● Exercise objective
Where in the data does the word "impl" appear? Find those lines and copy them.

╭──

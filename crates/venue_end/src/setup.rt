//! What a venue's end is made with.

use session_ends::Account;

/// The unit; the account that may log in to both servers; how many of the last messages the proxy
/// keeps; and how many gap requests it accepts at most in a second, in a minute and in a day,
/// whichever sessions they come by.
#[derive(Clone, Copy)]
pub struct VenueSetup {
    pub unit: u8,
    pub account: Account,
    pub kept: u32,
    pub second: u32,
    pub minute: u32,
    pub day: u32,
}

╰──
╭──

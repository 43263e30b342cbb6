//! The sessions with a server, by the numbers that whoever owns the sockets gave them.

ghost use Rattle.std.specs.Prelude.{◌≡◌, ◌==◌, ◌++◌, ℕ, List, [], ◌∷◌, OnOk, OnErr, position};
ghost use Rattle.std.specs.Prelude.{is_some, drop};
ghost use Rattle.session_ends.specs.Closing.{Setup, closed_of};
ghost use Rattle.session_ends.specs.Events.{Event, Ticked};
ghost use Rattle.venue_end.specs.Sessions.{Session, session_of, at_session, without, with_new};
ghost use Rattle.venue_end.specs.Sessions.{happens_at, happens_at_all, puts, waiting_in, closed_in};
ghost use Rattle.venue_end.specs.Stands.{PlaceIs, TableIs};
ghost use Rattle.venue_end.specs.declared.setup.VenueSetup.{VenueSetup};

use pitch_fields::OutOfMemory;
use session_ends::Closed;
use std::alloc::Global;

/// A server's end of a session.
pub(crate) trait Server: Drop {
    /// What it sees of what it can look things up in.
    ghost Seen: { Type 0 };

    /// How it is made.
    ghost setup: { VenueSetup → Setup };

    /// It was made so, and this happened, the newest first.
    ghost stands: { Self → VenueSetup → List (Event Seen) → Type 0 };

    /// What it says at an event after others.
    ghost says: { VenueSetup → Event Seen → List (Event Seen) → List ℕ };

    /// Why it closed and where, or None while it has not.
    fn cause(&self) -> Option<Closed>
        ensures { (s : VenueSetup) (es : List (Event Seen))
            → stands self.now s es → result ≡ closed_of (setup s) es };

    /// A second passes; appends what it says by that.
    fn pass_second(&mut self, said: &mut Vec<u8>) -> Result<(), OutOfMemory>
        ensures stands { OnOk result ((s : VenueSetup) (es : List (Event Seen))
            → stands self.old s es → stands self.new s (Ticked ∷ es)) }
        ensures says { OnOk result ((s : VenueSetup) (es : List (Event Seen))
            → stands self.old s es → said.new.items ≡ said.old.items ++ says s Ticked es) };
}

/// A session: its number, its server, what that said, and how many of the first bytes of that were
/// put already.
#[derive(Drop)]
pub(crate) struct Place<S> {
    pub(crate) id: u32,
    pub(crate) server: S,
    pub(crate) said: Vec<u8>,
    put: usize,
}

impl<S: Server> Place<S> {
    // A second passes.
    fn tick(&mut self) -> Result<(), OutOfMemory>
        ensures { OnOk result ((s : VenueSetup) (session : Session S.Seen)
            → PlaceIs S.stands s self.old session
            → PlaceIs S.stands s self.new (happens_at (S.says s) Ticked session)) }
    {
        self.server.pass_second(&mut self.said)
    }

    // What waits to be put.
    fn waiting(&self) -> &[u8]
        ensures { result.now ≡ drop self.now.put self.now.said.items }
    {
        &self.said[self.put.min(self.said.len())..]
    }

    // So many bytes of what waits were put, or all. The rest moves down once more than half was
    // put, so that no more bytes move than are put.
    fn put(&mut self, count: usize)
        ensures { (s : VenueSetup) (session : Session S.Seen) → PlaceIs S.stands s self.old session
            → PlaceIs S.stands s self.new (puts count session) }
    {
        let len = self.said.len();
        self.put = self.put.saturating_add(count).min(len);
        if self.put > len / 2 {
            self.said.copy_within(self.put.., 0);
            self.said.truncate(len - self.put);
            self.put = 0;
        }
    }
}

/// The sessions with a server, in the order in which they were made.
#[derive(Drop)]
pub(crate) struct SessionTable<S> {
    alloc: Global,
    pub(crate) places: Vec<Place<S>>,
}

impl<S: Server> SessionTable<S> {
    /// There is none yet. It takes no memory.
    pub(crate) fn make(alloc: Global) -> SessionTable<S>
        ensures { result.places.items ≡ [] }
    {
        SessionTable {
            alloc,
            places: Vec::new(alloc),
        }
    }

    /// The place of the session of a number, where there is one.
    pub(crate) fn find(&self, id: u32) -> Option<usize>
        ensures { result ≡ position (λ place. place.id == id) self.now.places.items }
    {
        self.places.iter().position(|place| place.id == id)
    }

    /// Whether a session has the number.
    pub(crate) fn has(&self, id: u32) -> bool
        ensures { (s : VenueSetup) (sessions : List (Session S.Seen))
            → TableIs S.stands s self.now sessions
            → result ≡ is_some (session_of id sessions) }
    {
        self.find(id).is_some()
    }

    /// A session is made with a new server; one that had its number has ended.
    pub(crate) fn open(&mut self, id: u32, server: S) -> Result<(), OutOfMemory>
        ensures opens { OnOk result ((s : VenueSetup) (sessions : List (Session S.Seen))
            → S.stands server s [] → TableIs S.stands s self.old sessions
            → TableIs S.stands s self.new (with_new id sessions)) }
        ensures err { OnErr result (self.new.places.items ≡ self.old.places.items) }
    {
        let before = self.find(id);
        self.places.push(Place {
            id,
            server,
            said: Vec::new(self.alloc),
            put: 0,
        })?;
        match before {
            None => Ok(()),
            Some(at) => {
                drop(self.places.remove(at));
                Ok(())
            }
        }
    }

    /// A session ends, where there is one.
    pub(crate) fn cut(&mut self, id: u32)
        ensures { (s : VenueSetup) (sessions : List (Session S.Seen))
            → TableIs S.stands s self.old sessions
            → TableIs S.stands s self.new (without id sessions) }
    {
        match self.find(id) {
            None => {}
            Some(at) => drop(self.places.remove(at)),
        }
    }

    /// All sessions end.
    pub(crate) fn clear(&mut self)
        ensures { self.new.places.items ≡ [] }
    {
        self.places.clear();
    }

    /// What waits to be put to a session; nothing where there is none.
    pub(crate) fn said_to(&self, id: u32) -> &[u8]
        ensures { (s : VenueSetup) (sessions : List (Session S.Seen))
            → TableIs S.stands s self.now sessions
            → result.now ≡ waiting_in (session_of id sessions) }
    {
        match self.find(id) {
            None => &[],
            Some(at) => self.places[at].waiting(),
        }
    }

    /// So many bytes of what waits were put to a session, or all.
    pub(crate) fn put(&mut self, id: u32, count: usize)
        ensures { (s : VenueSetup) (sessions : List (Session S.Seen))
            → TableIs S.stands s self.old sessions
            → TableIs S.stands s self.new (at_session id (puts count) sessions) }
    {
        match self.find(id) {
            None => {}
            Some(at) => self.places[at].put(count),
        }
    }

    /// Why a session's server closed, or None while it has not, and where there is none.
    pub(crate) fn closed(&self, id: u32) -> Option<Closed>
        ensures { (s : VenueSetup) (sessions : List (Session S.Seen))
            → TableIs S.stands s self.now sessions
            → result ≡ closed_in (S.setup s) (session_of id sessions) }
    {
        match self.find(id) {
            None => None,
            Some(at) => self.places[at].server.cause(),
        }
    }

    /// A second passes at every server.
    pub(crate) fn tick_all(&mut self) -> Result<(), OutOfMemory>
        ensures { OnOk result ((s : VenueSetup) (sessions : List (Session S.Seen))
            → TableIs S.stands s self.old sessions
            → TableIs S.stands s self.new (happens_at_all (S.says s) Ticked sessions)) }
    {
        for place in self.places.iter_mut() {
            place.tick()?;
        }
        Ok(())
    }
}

╰──

● Response to the exercise
impl<S: Server> Place<S> {
impl<S: Server> SessionTable<S> {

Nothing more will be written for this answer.